**Required work:**
Pull every line with the word "IsLookedUp" out of the entries below.

**Input:**
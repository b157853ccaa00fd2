// What a schema comes to: its possible cells, the classes of its queries and the groups of its levels.
use std::marker::Model;

/// The classes of a query, each by the number of its first cell.
#[derive(Debug, Drop)]
pub(crate) struct QueryParts {
    /// For each cell the first cell of its class; none where the cell isn't possible.
    pub(crate) class_of: Vec<Option<u32>>,
    /// The first cells of the classes, in order.
    pub(crate) classes: Vec<u32>,
}

impl Model for QueryParts {
    ghost use Rattle.tda_schema.specs.Parts as parts;

    ghost Value = { parts.QueryParts };

    ghost view = { λ p. record { class_of = p.class_of.items; classes = p.classes.items } };
}

/// A level's queries in order, how many groups it has, and how many places each of its units has.
#[derive(Debug, Drop)]
pub(crate) struct LevelParts {
    pub(crate) queries: Vec<QueryParts>,
    pub(crate) groups: u32,
    pub(crate) places: u64,
}

impl Model for LevelParts {
    ghost use Rattle.tda_schema.specs.Parts as parts;

    ghost Value = { parts.LevelParts };

    ghost view = { λ p. record { queries = p.queries.items; groups = p.groups; places = p.places } };
}

/// For each cell whether it is possible, and the levels' parts from the nation to the block.
#[derive(Debug, Drop)]
pub(crate) struct Parts {
    pub(crate) possible: Vec<bool>,
    pub(crate) levels: Vec<LevelParts>,
}

impl Model for Parts {
    ghost use Rattle.tda_schema.specs.Parts as parts;

    ghost Value = { parts.Parts };

    ghost view = { λ p. record { possible = p.possible.items; levels = p.levels.items } };
}
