// Which kinds have a possible cell.
ghost use Rattle.std.specs.Prelude.{◌≡◌, ◌==◌, ◌<◌, ◌&&◌, All, false, length, map, slice_index, slice_index_or, IfOk};
ghost use Rattle.std.specs.List.{list_all, list_any, range_with_len};
ghost use Rattle.tda_model.specs.Cells.{is_possible, all_cells};
ghost use Rattle.tda_schema.specs.Columns.{columns_of};
ghost use Rattle.tda_schema.specs.Parts as spec;
ghost use Rattle.tda_schema.specs.Stated.{IsLookedUp};

use crate::cells::count_values;
use crate::columns::Columns;
use crate::stated::Stated;
use std::alloc::Global;
use tda_io::NoMemory;

// For each kind below a count whether a cell that is possible is of it.
fn kind_marks(
    alloc: Global,
    count: usize,
    kinds: &[u16],
    possible: &[bool],
) -> Result<Vec<bool>, NoMemory>
    requires one_each { length possible.now ≡ length kinds.now }
    requires kinds { All (λ k. k < count) kinds.now }
    ensures { IfOk result (λ marks. marks.items ≡ map (λ k. list_any (λ i. slice_index_or possible.now i false && (slice_index kinds.now i == k)) (range_with_len 0 (length kinds.now))) (range_with_len 0 count)) }
{
    let mut marks = vec![in alloc; false; count]?;
    for (cell, kind) in kinds.iter().enumerate() {
        if possible[cell] {
            marks[usize::from(*kind)] = true;
        }
    }
    Ok(marks)
}

fn all_marked(marks: &[bool]) -> bool
    ensures { result ≡ list_all (λ m. m) marks.now }
{
    marks.iter().all(|mark| *mark)
}

/// Whether each kind, a value of the first attribute, has a possible cell.
pub(crate) fn has_kinds(
    alloc: Global,
    stated: &Stated,
    columns: &Columns,
    possible: &[bool],
) -> Result<bool, NoMemory>
    requires looked_up { IsLookedUp stated.now }
    requires columns { columns.now ≡ columns_of stated.now.attributes }
    requires possible { possible.now ≡ map (is_possible stated.now) (all_cells stated.now) }
    ensures { IfOk result (λ b. b ≡ spec.has_kinds stated.now) }
{
    let count = count_values(stated, 0);
    let marks = kind_marks(alloc, count, columns.of(0), possible)?;
    Ok(all_marked(&marks))
}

**Response box:**
ghost use Rattle.tda_schema.specs.Stated.{IsLookedUp};
    requires looked_up { IsLookedUp stated.now }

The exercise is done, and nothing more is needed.